Evaluate the following limit by first recognizing the sum as a Riemann sum for a function defined on [0, 1]:
lim 10/n ( (1/n)^1/2 + (2/n)^1/2 + (3/n)^1/2 +.....+ (n/n)^1/2 )
n----> infinity
To evaluate the given limit, we need to recognize the sum as a Riemann sum for a function defined on [0, 1].
First, let's rewrite the sum in a more convenient form:
(1/n)^1/2 + (2/n)^1/2 + (3/n)^1/2 + ... + (n/n)^1/2
To do this, we can rewrite each term as (k/n)^1/2, where k ranges from 1 to n.
Now, let's consider a function f(x) = x^1/2 defined on the interval [0, 1]. We can see that the sum above represents a Riemann sum for f(x) using n subdivisions.

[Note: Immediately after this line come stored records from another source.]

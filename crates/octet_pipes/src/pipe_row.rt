//! The pipes from one edge.
ghost use Rattle.std.specs.Prelude.{◌≡◌, [], replicate, IfOk};

use crate::pipe::Pipe;
use net_base::NoMemory;
use std::alloc::Global;
use std::marker::Model;

/// The pipes from one edge, one to each edge of the plan by its place.
#[derive(Drop)]
pub struct PipeRow {
    pub(crate) pipes: Vec<Pipe>,
}

impl Model for PipeRow {
    ghost use Rattle.std.specs.Prelude.{ℕ, List};

    ghost Value = { List (List ℕ) };

    ghost view = { λ r. r.pipes.items };
}

impl PipeRow {
    /// So many empty pipes.
    #[tactic(auto, using(crate::proofs::EmptyLemmas::replicate_steps))]
    pub fn open(alloc: Global, size: usize) -> Result<PipeRow, NoMemory>
        ensures { IfOk result (λ row. row ≡ replicate size []) }
    {
        let mut pipes = Vec::new(alloc);
        for _place in 0..size {
            pipes.push(Pipe::new(alloc))?;
        }
        Ok(PipeRow { pipes })
    }
}
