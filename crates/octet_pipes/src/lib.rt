//! The octets on their way between the edges of a plan: a pipe from each edge to each other one.
#![tactic(auto)]

mod pipe;
mod pipe_row;
mod pipes;

pub use pipes::Pipes;
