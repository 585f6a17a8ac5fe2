//! Entries of a label stack.

/// An entry of a label stack (RFC 3032 section 2.1). Its traffic class is not looked at.
#[derive(Clone, Copy, Debug, PartialEq, Eq)]
pub struct StackEntry {
    /// The label, of 20 bits.
    pub label: u32,
    /// Whether it is the bottom of the stack.
    pub bottom: bool,
    /// The time to live, 1 to 255.
    pub ttl: u8,
}
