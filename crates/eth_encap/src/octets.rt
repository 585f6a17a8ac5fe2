//! Pieces in rows of octets.
ghost use Rattle.std.specs.Prelude.{◌≡◌, ◌≤◌, ◌+◌, ◌++◌, length, drop};

use net_base::put;

// Writes two pieces to the front, and answers the place behind them.
#[tactic(auto, using(crate::proofs::OctetLemmas::added_behind))]
pub(crate) fn join(front: &[u8], back: &[u8], out: &mut [u8]) -> usize
    requires { length front.now + length back.now ≤ length out.old }
    ensures end { result ≡ length front.now + length back.now }
    ensures octets { out.new ≡ (front.now ++ back.now) ++ drop result out.old }
{
    let middle = put(out, 0, front);
    put(out, middle, back)
}
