//! What leaves at a circuit.
ghost use Rattle.std.specs.Prelude.{◌≡◌, ◌≤◌, ◌+◌, ◌++◌, length, drop};
ghost use Rattle.net_base.specs.trace.Frame.{dress as dressed, tag_octets};

use crate::octets::join;
use crate::tag::TAG_PROTOCOL;
use byteorder::{BigEndian, ByteOrder};
use net_base::put;
use std::cmp::min;

// The octets of the addresses of a frame (IEEE 802.3 clause 3.2).
const ADDRESSES: usize = 12;

// The octets of a tag with priority and drop eligibility 0.
fn tag_bytes(tag: u16) -> [u8; 4]
    ensures { result ≡ tag_octets tag }
{
    let mut octets = [0u8; 4];
    BigEndian::write_u16(&mut octets, TAG_PROTOCOL);
    BigEndian::write_u16(&mut octets[2..], tag);
    octets
}

/// The inner frame as it leaves at a circuit, with the circuit's tag behind the addresses, where it has one;
/// the tag's priority and drop eligibility are 0 (RFC 4762 section 7.1, IEEE 802.1Q clause 9.6). The tag comes
/// behind the octets of a frame that has no more than its addresses, or fewer. Writes it to the front of `out`, which has four octets
/// more than the inner frame or still more, and answers its length in octets. `tag` is a VLAN ID; above 4095 its upper bits are the priority.
#[tactic(auto, using(std::proofs::lemmas::List::take_min, std::proofs::lemmas::List::drop_min))]
pub fn dress(tag: Option<u16>, inner: &[u8], out: &mut [u8]) -> usize
    requires room { length inner.now + 4 ≤ length out.old }
    ensures count { result ≡ length (dressed tag inner.now) }
    ensures octets { out.new ≡ dressed tag inner.now ++ drop result out.old }
{
    match tag {
        None => put(out, 0, inner),
        Some(tag) => {
            let (addresses, rest) = inner.split_at(min(ADDRESSES, inner.len()));
            let tagged = join(addresses, &tag_bytes(tag), out);
            put(out, tagged, rest)
        }
    }
}
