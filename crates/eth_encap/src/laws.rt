//! What holds of packets.
ghost use Rattle.eth_encap.specs.Packet.{PackedIsUnpacked};

/// What is packed is unpacked (RFC 4448 section 4): an entry of a label stack is read as it was written, whatever follows it, and
/// behind it stands the inner frame that was packed, with control word or without, in raw mode and in tagged mode.
#[tactic(auto, using(crate::proofs::PacketLemmas::packed_is_unpacked))]
pub fn packed_is_unpacked()
    ensures { PackedIsUnpacked }
{}
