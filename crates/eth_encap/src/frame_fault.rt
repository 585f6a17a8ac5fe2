//! Why a frame or a packet is refused.
ghost use Rattle.std.specs.Prelude.{◌≡◌};
ghost use Rattle.eth_encap.specs.Fault.{cause_of};

use net_base::DropCause;
use thiserror::Error;

/// Why a frame or a packet is not taken in. Each is the drop cause of its name.
#[derive(Clone, Copy, Debug, PartialEq, Eq, Error)]
pub enum FrameFault {
    /// Too few octets for its layout.
    #[error("too few octets")]
    Short,
    /// More octets than the service's MTU leaves room for.
    #[error("more octets than the MTU leaves room for")]
    Long,
    /// A VLAN tag with another VLAN ID than the circuit's.
    #[error("another VLAN ID")]
    WrongTag,
    /// No VLAN tag where one is needed.
    #[error("no VLAN tag")]
    NoTag,
    /// A control word whose first nibble is not 0 (RFC 4448 section 4.6).
    #[error("no control word of a frame")]
    BadNibble,
    /// A label stack that goes on below the pseudowire label (RFC 3032 section 2.1).
    #[error("more labels below the pseudowire label")]
    NotBottom,
    /// A label stack entry with TTL 0 (RFC 3032 section 2.4).
    #[error("TTL 0")]
    Ttl,
}

impl FrameFault {
    /// The drop cause of the same name.
    pub fn cause(self) -> DropCause
        ensures { result ≡ cause_of self }
    {
        match self {
            FrameFault::Short => DropCause::Short,
            FrameFault::Long => DropCause::Long,
            FrameFault::WrongTag => DropCause::WrongTag,
            FrameFault::NoTag => DropCause::NoTag,
            FrameFault::BadNibble => DropCause::BadNibble,
            FrameFault::NotBottom => DropCause::NotBottom,
            FrameFault::Ttl => DropCause::Ttl,
        }
    }
}
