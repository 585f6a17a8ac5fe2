//! The pipes between edges.
ghost use Rattle.std.specs.Prelude.{◌≡◌, ◌++◌, ◌<◌, [], drop, length, take, IfOk, OnErr, OnOk};
ghost use Rattle.octet_pipes.specs.Pipes.{no_octets, pipes_of, with_pipe_octets, without_to};

use crate::pipe_row::PipeRow;
use net_base::{EdgeId, NoMemory};
use std::alloc::Global;
use std::marker::Model;

/// The pipe from each edge of the plan to each other one. Contracts see a row for each edge, and in it a pipe for each.
#[derive(Drop)]
pub struct Pipes {
    size: usize,
    rows: Vec<PipeRow>,
}

impl Model for Pipes {
    ghost use Rattle.octet_pipes.specs.Pipes.{PipeLists, IsSquare};

    ghost Value = { PipeLists };

    ghost view = { λ p. record { size = p.size; rows = p.rows.items } };

    ghost invariant = { λ p. IsSquare p.size p.rows.items };
}

impl Pipes {
    /// The pipes between so many edges, all empty.
    #[tactic(auto, using(crate::proofs::EmptyLemmas::square_steps))]
    pub fn open(alloc: Global, size: usize) -> Result<Pipes, NoMemory>
        ensures size { IfOk result (λ pipes. pipes.size ≡ size) }
        ensures empty { IfOk result (λ pipes. pipes_of pipes ≡ no_octets) }
    {
        let mut rows = Vec::new(alloc);
        for _place in 0..size {
            rows.push(PipeRow::open(alloc, size)?)?;
        }
        Ok(Pipes { size, rows })
    }

    /// Puts octets into the pipe from an edge to another one. After `NoMemory` the pipes are as they were.
    #[tactic(auto, using(crate::proofs::PipeLemmas::seen_set), unfolding(crate::specs::Pipes::pipes_of))]
    pub fn put(&mut self, from: EdgeId, to: EdgeId, piece: &[u8]) -> Result<(), NoMemory>
        requires from { from.0 < self.old.size }
        requires to { to.0 < self.old.size }
        ensures size { self.new.size ≡ self.old.size }
        ensures ok { OnOk result (pipes_of self.new ≡ with_pipe_octets from.0 to.0 (pipes_of self.old from.0 to.0 ++ piece.now) (pipes_of self.old)) }
        ensures err { OnErr result (pipes_of self.new ≡ pipes_of self.old) }
    {
        self.rows[from.0 as usize].pipes[to.0 as usize].put(piece)
    }

    /// Between how many edges the pipes are.
    pub fn size(&self) -> usize
        ensures { result ≡ self.now.size }
    {
        self.size
    }

    /// How many octets are on their way from the edge at a place to that at another one.
    #[tactic(auto, unfolding(crate::specs::Pipes::pipes_of))]
    pub fn len(&self, from: usize, to: usize) -> usize
        requires from { from < self.now.size }
        requires to { to < self.now.size }
        ensures { result ≡ length (pipes_of self.now from to) }
    {
        self.rows[from].pipes[to].len()
    }

    /// The first `count` octets on their way from an edge to another one, or all where there are fewer.
    #[tactic(auto, unfolding(crate::specs::Pipes::pipes_of))]
    pub fn front(&self, from: EdgeId, to: EdgeId, count: usize) -> &[u8]
        requires from { from.0 < self.now.size }
        requires to { to.0 < self.now.size }
        ensures { result.now ≡ take count (pipes_of self.now from.0 to.0) }
    {
        self.rows[from.0 as usize].pipes[to.0 as usize].front(count)
    }

    /// Gives up the first `count` octets on their way from an edge to another one, or all where there are fewer.
    #[tactic(auto, using(crate::proofs::PipeLemmas::seen_set), unfolding(crate::specs::Pipes::pipes_of))]
    pub fn skip(&mut self, from: EdgeId, to: EdgeId, count: usize)
        requires from { from.0 < self.old.size }
        requires to { to.0 < self.old.size }
        ensures size { self.new.size ≡ self.old.size }
        ensures rest { pipes_of self.new ≡ with_pipe_octets from.0 to.0 (drop count (pipes_of self.old from.0 to.0)) (pipes_of self.old) }
    {
        self.rows[from.0 as usize].pipes[to.0 as usize].skip(count);
    }

    /// Empties the pipe from an edge to another one.
    pub fn clear(&mut self, from: EdgeId, to: EdgeId)
        requires from { from.0 < self.old.size }
        requires to { to.0 < self.old.size }
        ensures size { self.new.size ≡ self.old.size }
        ensures empty { pipes_of self.new ≡ with_pipe_octets from.0 to.0 [] (pipes_of self.old) }
    {
        self.clear_at(from.0 as usize, to.0 as usize);
    }

    // The same of edges by their places.
    #[tactic(auto, using(crate::proofs::PipeLemmas::seen_set), unfolding(crate::specs::Pipes::pipes_of))]
    fn clear_at(&mut self, from: usize, to: usize)
        requires from { from < self.old.size }
        requires to { to < self.old.size }
        ensures size { self.new.size ≡ self.old.size }
        ensures empty { pipes_of self.new ≡ with_pipe_octets from to [] (pipes_of self.old) }
    {
        self.rows[from].pipes[to].clear();
    }

    /// Empties all pipes to an edge.
    #[tactic(auto, using(crate::proofs::PipeLemmas::emptied_steps))]
    pub fn clear_to(&mut self, to: EdgeId)
        requires to { to.0 < self.old.size }
        ensures size { self.new.size ≡ self.old.size }
        ensures empty { pipes_of self.new ≡ without_to to.0 (pipes_of self.old) }
    {
        let size = self.rows.len();
        for from in 0..size {
            self.clear_at(from, to.0 as usize);
        }
    }
}
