//! A packet of a pseudowire is read.
ghost use Rattle.std.specs.Prelude.{◌≡◌, ◌≤◌, ◌+◌, ◌++◌, length, take, drop, Ok, Err, IfOk, IfErr, OnErr};
ghost use Rattle.eth_encap.specs.{Fault.{cause_of}, Packet.{behind_control, entry_of, unpacked, without_tag}};

use crate::octets::join;
use crate::tag::TAG_PROTOCOL;
use crate::{FrameFault, StackEntry};
use byteorder::{BigEndian, ByteOrder};
use net_base::pair;

/// The entry of the label stack in front of a packet (RFC 3032 section 2.1). `Short` comes exactly where there are fewer than
/// four octets, and `Ttl` exactly where its TTL is 0.
pub fn read_entry(packet: &[u8]) -> Result<StackEntry, FrameFault>
    ensures ok { IfOk result (λ entry. entry_of packet.now ≡ Ok entry) }
    ensures fault { IfErr result (λ fault. entry_of packet.now ≡ Err (cause_of fault)) }
{
    if packet.len() < 4 {
        return Err(FrameFault::Short);
    }
    let number = BigEndian::read_u32(packet);
    if number % 256 == 0 {
        return Err(FrameFault::Ttl);
    }
    Ok(StackEntry {
        label: number / 4096,
        bottom: number / 256 % 2 == 1,
        ttl: (number % 256) as u8,
    })
}

/// The inner frame of what stands behind the label stack of a packet (RFC 4448 section 4): without the control word where the
/// wire has one, and without the tag of tagged mode, whatever its VLAN ID. Answers two parts of the payload that join to it, so that
/// nothing is copied; in raw mode the first is all of it, and the second nothing. The `mtu` counts the octets behind a header, and
/// leaves room for one tag of the customer's own. The first fault that holds is answered: with control word `Short` for fewer
/// octets than that, and `BadNibble` where its first nibble is not 0; then `Short` for fewer octets than a header; in tagged mode
/// `NoTag` where there is no tag, and `Short` for fewer octets than a header and a tag; and `Long` for an inner frame of more than
/// `mtu` and 18 octets.
pub fn unpacked_parts(
    cword: bool,
    tagged: bool,
    mtu: u16,
    payload: &[u8],
) -> Result<(&[u8], &[u8]), FrameFault>
    ensures ok { IfOk result (λ parts. unpacked cword tagged mtu payload.now ≡ Ok (parts.0.now ++ parts.1.now)) }
    ensures least { IfOk result (λ parts. 14 ≤ length parts.0.now + length parts.1.now) }
    ensures fits { IfOk result (λ parts. length parts.0.now + length parts.1.now ≤ length payload.now) }
    ensures fault { IfErr result (λ fault. unpacked cword tagged mtu payload.now ≡ Err (cause_of fault)) }
{
    let frame = frame_behind(cword, payload)?;
    if frame.len() < 14 {
        return Err(FrameFault::Short);
    }
    let (front, back) = frame_parts(tagged, frame)?;
    if front.len() + back.len() > mtu as usize + 18 {
        return Err(FrameFault::Long);
    }
    Ok((front, back))
}

/// The inner frame of what stands behind the label stack of a packet, in one piece. Writes it to the front of `out`, which is as
/// long as the payload or longer, and answers its length in octets. The faults are those of `unpacked_parts`, and with a fault
/// nothing was written.
pub fn unpack(
    cword: bool,
    tagged: bool,
    mtu: u16,
    payload: &[u8],
    out: &mut [u8],
) -> Result<usize, FrameFault>
    requires { length payload.now ≤ length out.old }
    ensures ok { IfOk result (λ count. unpacked cword tagged mtu payload.now ≡ Ok (take count out.new)) }
    ensures count { IfOk result (λ count. count ≤ length payload.now) }
    ensures rest { IfOk result (λ count. drop count out.new ≡ drop count out.old) }
    ensures fault { IfErr result (λ fault. unpacked cword tagged mtu payload.now ≡ Err (cause_of fault)) }
    ensures unchanged { OnErr result (out.new ≡ out.old) }
{
    match unpacked_parts(cword, tagged, mtu, payload) {
        Ok((front, back)) => Ok(join(front, back, out)),
        Err(fault) => Err(fault),
    }
}

// What stands behind the control word, where there is one.
fn frame_behind(cword: bool, payload: &[u8]) -> Result<&[u8], FrameFault>
    ensures ok { IfOk result (λ frame. behind_control cword payload.now ≡ Ok frame.now) }
    ensures fits { IfOk result (λ frame. length frame.now ≤ length payload.now) }
    ensures fault { IfErr result (λ fault. behind_control cword payload.now ≡ Err (cause_of fault)) }
{
    if !cword {
        return Ok(payload);
    }
    if payload.len() < 4 {
        return Err(FrameFault::Short);
    }
    if payload[0] / 16 != 0 {
        return Err(FrameFault::BadNibble);
    }
    Ok(payload.split_at(4).1)
}

// The parts of a frame that its inner frame joins.
fn frame_parts(tagged: bool, frame: &[u8]) -> Result<(&[u8], &[u8]), FrameFault>
    requires { 14 ≤ length frame.now }
    ensures ok { IfOk result (λ parts. without_tag tagged frame.now ≡ Ok (parts.0.now ++ parts.1.now)) }
    ensures least { IfOk result (λ parts. 14 ≤ length parts.0.now + length parts.1.now) }
    ensures fits { IfOk result (λ parts. length parts.0.now + length parts.1.now ≤ length frame.now) }
    ensures fault { IfErr result (λ fault. without_tag tagged frame.now ≡ Err (cause_of fault)) }
{
    if !tagged {
        return Ok((frame, &[]));
    }
    if pair(frame, 12) != TAG_PROTOCOL {
        return Err(FrameFault::NoTag);
    }
    if frame.len() < 18 {
        return Err(FrameFault::Short);
    }
    Ok((frame.split_at(12).0, frame.split_at(16).1))
}
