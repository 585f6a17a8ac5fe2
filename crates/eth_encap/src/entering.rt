//! What enters at a circuit.
ghost use Rattle.std.specs.Prelude.{◌≡◌, ◌≤◌, ◌+◌, ◌++◌, length, take, drop, None, Ok, Err, IfOk, IfErr, IfSome, MatchResult, OnErr};
ghost use Rattle.net_base.specs.declared.trace.drop_cause.DropCause.TheVariants.{Down};
ghost use Rattle.net_base.specs.{plan.Places.{service_of}, trace.Frame.{inner as inner_of, untagged}, trace.Isolated.{inner_at, mtu_by}};
ghost use Rattle.eth_encap.specs.Fault.{cause_of};

use crate::FrameFault;
use crate::octets::join;
use crate::tag::TAG_PROTOCOL;
use net_base::{CircuitId, Plan, pair};

// The octets of a frame and header that every frame has.
const HEADER: usize = 14;

// The parts of the frame that join to it without its tag, where its VLAN ID is the one that is told.
fn untagged_parts(tag: Option<u16>, frame: &[u8]) -> Result<(&[u8], &[u8]), FrameFault>
    requires { 14 ≤ length frame.now }
    ensures ok { IfOk result (λ parts. untagged tag frame.now ≡ Ok (parts.0.now ++ parts.1.now)) }
    ensures least { IfOk result (λ parts. 14 ≤ length parts.0.now + length parts.1.now) }
    ensures fits { IfOk result (λ parts. length parts.0.now + length parts.1.now ≤ length frame.now) }
    ensures fault { IfErr result (λ fault. untagged tag frame.now ≡ Err (cause_of fault)) }
{
    let Some(tag) = tag else {
        return Ok((frame, &[]));
    };
    if pair(frame, 12) != TAG_PROTOCOL {
        return Err(FrameFault::NoTag);
    }
    if frame.len() < 18 {
        return Err(FrameFault::Short);
    }
    if pair(frame, 14) % 4096 != tag {
        return Err(FrameFault::WrongTag);
    }
    Ok((frame.split_at(12).0, frame.split_at(16).1))
}

/// The inner frame of what enters at a circuit: the frame without the circuit's tag, where it has one (RFC
/// 4762 section 7.1). Answers two parts of the frame that join to it, so that nothing is copied; without a tag
/// the first is all of it, and the second nothing. The `mtu` counts the octets behind a header, and leaves room
/// for one tag of the customer's own. The first fault that holds is answered: `Short` for fewer octets than a
/// header, or than a header and the circuit's tag, `NoTag` where that tag is missing, `WrongTag` where it has
/// another VLAN ID, and `Long` for an inner frame of more than `mtu` and 18 octets.
pub fn inner_parts(tag: Option<u16>, mtu: u16, frame: &[u8]) -> Result<(&[u8], &[u8]), FrameFault>
    ensures ok { IfOk result (λ parts. inner_of tag mtu frame.now ≡ Ok (parts.0.now ++ parts.1.now)) }
    ensures least { IfOk result (λ parts. 14 ≤ length parts.0.now + length parts.1.now) }
    ensures fits { IfOk result (λ parts. length parts.0.now + length parts.1.now ≤ length frame.now) }
    ensures fault { IfErr result (λ fault. inner_of tag mtu frame.now ≡ Err (cause_of fault)) }
{
    if frame.len() < HEADER {
        return Err(FrameFault::Short);
    }
    let (front, back) = untagged_parts(tag, frame)?;
    if front.len() + back.len() > mtu as usize + HEADER + 4 {
        return Err(FrameFault::Long);
    }
    Ok((front, back))
}

/// The inner frame of what passes a circuit of a plan, by the circuit's tag and the MTU of its service, in parts and with the faults
/// of `inner_parts`; `None` exactly where the plan has no such circuit, or none such service.
pub fn inner_at<'a>(
    plan: &Plan,
    circuit: CircuitId,
    frame: &'a [u8],
) -> Option<Result<(&'a [u8], &'a [u8]), FrameFault>>
    ensures read { IfSome result (λ read. MatchResult read (λ parts. inner_at plan.now circuit frame.now ≡ Ok (parts.0.now ++ parts.1.now)) (λ fault. inner_at plan.now circuit frame.now ≡ Err (cause_of fault))) }
    ensures least { IfSome result (λ read. IfOk read (λ parts. 14 ≤ length parts.0.now + length parts.1.now)) }
    ensures none { result ≡ None → inner_at plan.now circuit frame.now ≡ Err Down }
    ensures unknown { result ≡ None → mtu_by plan.now (service_of plan.now circuit) ≡ None }
{
    let Some(row) = plan.circuits.get(circuit.0 as usize) else {
        return None;
    };
    let Some(service) = plan.services.get(row.service.0 as usize) else {
        return None;
    };
    Some(inner_parts(row.tag, service.mtu, frame))
}

/// The inner frame of what enters at a circuit, in one piece. Writes it to the front of `out`, which is as long
/// as the frame or longer, and answers its length in octets. The faults are those of `inner_parts`, and with a
/// fault nothing was written.
pub fn inner(tag: Option<u16>, mtu: u16, frame: &[u8], out: &mut [u8]) -> Result<usize, FrameFault>
    requires { length frame.now ≤ length out.old }
    ensures ok { IfOk result (λ count. inner_of tag mtu frame.now ≡ Ok (take count out.new)) }
    ensures count { IfOk result (λ count. count ≤ length frame.now) }
    ensures rest { IfOk result (λ count. drop count out.new ≡ drop count out.old) }
    ensures fault { IfErr result (λ fault. inner_of tag mtu frame.now ≡ Err (cause_of fault)) }
    ensures unchanged { OnErr result (out.new ≡ out.old) }
{
    match inner_parts(tag, mtu, frame) {
        Ok((front, back)) => Ok(join(front, back, out)),
        Err(fault) => Err(fault),
    }
}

If we divide the interval [0, 1] into n equal subdivisions, each subdivision will have a width of Δx = 1/n. Therefore, the height of each rectangle in the Riemann sum will be f(x_i) = f(k/n) = (k/n)^1/2, where k is the index of each subdivision.
The Riemann sum, S_n, can be calculated by summing the areas of each rectangle:
S_n = (Δx) * [f(x_1) + f(x_2) + ... + f(x_n)]
= (1/n) * [(1/n)^1/2 + (2/n)^1/2 + ... + (n/n)^1/2]
The given limit is the limit of the Riemann sum as n approaches infinity:
lim(n→∞) {(1/n) * [(1/n)^1/2 + (2/n)^1/2 + ... + (n/n)^1/2]}.
To evaluate this limit, we can rewrite it as an integral of f(x) over the interval [0, 1]:
lim(n→∞) {(1/n) * [(1/n)^1/2 + (2/n)^1/2 + ... + (n/n)^1/2]}
= lim(n→∞) {(1/n) * [f(1/n) + f(2/n) + ... + f(n/n)]}
= lim(n→∞) ∑[(1/n) * f(k/n)], where k ranges from 1 to n
= ∫[0,1] f(x) dx.
Now, the limit is equivalent to the integral of f(x) from 0 to 1.
To evaluate this integral, we can use the power rule for integration:
∫ x^1/2 dx = (2/3)x^(3/2).
Evaluating the integral:
∫[0,1] f(x) dx = ∫[0,1] x^1/2 dx = [(2/3)x^(3/2)] evaluated from 0 to 1.
Substituting the limits into the equation:
= [(2/3)(1)^(3/2)] - [(2/3)(0)^(3/2)]
= (2/3)(1) - (2/3)(0)
= 2/3.
Therefore, the limit as n approaches infinity is 2/3.